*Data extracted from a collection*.

--- START ---

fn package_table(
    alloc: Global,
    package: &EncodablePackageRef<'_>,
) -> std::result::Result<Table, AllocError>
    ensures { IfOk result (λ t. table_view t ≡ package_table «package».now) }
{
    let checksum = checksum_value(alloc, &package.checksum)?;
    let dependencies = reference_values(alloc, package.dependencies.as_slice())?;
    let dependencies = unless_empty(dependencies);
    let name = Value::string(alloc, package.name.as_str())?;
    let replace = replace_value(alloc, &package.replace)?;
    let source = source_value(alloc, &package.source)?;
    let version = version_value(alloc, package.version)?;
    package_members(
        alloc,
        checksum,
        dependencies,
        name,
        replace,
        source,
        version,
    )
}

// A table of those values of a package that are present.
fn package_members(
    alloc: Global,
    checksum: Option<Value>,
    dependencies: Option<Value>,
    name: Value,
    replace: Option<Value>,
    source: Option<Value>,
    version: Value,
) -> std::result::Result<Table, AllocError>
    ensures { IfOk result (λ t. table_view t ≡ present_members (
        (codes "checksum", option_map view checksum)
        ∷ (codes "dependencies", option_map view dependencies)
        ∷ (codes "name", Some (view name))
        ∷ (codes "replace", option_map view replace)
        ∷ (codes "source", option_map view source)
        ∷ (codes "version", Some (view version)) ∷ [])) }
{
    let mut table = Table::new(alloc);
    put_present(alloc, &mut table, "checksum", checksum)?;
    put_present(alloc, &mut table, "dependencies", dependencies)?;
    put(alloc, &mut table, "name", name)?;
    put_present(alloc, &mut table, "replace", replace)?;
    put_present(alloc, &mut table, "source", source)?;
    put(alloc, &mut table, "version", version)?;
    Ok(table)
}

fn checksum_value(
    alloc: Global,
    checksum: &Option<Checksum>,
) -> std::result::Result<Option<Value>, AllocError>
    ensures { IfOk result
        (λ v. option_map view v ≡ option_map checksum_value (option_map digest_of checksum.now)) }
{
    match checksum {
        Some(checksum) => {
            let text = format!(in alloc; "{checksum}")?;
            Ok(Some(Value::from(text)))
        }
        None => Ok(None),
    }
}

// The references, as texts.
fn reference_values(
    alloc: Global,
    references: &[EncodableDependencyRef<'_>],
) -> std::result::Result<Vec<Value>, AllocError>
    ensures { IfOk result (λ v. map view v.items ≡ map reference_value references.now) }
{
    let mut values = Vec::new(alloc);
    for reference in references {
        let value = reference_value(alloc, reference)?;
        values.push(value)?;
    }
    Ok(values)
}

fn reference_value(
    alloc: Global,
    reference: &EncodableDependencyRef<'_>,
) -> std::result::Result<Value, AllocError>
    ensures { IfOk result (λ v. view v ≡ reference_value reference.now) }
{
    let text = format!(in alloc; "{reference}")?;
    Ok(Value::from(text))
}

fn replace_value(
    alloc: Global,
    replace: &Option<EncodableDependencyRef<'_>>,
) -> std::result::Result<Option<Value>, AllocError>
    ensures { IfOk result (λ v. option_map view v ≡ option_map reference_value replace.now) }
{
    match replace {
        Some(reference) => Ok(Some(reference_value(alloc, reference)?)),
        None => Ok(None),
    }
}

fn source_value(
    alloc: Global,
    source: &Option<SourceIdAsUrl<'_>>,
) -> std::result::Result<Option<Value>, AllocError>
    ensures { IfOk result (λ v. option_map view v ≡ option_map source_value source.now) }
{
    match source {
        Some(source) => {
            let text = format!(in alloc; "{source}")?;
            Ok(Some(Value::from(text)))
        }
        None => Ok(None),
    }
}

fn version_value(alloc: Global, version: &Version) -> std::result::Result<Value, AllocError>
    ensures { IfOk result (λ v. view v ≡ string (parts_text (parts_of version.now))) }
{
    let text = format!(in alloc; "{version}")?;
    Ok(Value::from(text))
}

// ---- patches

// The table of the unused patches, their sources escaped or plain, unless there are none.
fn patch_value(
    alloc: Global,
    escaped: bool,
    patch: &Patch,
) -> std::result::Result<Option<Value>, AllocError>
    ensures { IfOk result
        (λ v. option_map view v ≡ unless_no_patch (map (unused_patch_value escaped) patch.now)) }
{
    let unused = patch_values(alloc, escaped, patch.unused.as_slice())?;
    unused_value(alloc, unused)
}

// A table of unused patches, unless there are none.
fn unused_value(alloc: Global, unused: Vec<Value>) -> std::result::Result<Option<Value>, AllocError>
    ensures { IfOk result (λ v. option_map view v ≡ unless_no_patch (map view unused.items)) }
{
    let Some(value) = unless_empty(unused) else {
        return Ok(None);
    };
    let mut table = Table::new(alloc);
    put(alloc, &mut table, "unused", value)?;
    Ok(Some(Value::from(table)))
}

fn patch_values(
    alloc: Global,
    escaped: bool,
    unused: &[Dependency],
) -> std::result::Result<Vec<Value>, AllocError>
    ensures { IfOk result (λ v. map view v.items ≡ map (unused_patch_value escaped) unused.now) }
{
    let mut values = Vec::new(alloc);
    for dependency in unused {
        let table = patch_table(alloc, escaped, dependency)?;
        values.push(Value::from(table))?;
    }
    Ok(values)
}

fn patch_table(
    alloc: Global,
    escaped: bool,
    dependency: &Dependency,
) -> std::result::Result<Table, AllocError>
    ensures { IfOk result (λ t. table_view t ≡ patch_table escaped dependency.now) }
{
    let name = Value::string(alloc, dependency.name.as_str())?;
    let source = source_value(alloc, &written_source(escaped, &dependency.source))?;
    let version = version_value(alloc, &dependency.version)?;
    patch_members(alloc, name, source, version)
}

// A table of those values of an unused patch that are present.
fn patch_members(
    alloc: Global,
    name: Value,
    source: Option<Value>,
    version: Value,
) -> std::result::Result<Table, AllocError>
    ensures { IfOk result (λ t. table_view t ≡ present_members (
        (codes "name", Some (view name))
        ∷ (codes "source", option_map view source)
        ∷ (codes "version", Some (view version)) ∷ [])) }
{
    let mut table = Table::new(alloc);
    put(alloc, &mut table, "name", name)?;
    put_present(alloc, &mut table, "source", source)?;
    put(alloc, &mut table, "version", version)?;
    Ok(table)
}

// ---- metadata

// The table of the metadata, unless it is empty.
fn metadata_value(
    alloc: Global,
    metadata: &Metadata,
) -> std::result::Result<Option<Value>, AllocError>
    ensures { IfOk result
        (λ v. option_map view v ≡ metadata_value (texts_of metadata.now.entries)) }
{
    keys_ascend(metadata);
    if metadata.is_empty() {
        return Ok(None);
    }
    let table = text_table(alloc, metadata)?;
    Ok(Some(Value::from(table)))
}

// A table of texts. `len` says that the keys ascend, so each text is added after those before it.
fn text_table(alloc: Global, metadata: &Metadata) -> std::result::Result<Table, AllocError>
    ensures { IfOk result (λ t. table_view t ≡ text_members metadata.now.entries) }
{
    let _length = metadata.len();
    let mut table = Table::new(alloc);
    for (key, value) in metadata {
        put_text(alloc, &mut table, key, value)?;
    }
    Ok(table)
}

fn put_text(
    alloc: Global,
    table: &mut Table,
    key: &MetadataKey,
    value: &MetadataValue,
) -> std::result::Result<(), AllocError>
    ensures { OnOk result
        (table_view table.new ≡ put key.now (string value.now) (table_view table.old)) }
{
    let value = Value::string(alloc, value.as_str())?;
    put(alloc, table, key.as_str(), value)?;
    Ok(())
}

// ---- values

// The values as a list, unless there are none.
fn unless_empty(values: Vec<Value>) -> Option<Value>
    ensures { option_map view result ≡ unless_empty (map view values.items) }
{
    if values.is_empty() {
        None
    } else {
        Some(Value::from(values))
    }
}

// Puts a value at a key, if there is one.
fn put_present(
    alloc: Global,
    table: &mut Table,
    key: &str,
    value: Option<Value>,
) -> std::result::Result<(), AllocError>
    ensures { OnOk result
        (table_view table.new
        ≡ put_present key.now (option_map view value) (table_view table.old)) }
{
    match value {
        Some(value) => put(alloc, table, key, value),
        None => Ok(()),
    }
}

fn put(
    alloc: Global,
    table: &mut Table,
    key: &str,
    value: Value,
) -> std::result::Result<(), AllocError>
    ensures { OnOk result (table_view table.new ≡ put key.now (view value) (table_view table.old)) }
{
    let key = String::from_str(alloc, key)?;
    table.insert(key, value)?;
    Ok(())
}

--- END ---

*Problem statement*.
Copy out, from the data above, every line holding the word "dependencies".

*Output below*.
    let dependencies = reference_values(alloc, package.dependencies.as_slice())?;
    let dependencies = unless_empty(dependencies);
        dependencies,
    dependencies: Option<Value>,
        ∷ (codes "dependencies", option_map view dependencies)
    put_present(alloc, &mut table, "dependencies", dependencies)?;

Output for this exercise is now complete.